BEGIN MATERIAL SUPPLIED
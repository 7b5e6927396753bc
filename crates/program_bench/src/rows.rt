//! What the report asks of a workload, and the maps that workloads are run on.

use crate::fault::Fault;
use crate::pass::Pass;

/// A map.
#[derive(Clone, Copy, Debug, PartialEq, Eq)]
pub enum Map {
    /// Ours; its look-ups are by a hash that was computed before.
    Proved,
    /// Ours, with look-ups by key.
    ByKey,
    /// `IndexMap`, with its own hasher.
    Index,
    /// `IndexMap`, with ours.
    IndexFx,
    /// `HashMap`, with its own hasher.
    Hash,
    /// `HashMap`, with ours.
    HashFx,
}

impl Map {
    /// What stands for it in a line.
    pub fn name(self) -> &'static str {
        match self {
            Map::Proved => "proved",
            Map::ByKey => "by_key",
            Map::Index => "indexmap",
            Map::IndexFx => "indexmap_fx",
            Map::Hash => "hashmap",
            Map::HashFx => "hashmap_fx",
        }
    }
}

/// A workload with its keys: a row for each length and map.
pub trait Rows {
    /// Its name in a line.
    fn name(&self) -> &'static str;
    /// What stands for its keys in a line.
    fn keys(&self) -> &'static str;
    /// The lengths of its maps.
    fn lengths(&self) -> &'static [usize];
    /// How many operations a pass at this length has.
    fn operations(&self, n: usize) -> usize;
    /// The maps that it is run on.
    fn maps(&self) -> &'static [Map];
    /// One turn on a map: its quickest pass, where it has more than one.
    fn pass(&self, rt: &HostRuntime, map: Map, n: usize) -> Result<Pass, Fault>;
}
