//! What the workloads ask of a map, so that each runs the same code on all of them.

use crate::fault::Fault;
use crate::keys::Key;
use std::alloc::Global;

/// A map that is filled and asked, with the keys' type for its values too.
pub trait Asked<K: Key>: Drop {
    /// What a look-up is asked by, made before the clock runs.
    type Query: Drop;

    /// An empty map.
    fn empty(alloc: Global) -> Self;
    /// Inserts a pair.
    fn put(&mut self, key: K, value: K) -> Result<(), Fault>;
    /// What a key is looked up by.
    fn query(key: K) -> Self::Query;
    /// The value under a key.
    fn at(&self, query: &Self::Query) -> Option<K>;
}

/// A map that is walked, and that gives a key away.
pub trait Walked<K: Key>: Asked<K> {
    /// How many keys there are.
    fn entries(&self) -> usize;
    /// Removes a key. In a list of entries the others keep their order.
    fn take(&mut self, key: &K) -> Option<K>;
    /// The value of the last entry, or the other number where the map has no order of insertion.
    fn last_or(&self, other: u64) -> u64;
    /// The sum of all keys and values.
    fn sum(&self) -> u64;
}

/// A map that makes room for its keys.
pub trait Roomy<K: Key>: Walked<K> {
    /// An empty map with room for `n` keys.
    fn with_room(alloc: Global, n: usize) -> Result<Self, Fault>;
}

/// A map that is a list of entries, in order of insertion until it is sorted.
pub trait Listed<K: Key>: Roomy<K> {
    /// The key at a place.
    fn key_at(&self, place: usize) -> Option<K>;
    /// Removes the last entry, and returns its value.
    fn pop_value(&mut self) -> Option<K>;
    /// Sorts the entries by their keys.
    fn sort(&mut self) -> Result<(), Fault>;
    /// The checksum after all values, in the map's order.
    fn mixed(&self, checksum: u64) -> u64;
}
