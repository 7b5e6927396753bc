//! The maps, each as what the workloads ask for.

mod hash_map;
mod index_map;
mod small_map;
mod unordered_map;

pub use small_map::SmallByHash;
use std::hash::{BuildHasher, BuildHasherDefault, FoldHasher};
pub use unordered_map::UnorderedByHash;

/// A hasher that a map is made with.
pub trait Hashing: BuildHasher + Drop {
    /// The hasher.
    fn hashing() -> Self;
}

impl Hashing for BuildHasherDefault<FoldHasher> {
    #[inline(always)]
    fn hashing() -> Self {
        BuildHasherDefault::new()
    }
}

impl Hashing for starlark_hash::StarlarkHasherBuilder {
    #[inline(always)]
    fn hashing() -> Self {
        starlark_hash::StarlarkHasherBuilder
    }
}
END MATERIAL SUPPLIED
WHAT TO WORK ON: From the material above, copy exactly the lines between the line holding "fn last_or(&self, other: u64) -> u64;" and the line holding "empty map with", inclusive, and only those.

RESPONSE:
    fn last_or(&self, other: u64) -> u64;
    /// The sum of all keys and values.
    fn sum(&self) -> u64;
}

/// A map that makes room for its keys.
pub trait Roomy<K: Key>: Walked<K> {
    /// An empty map with room for `n` keys.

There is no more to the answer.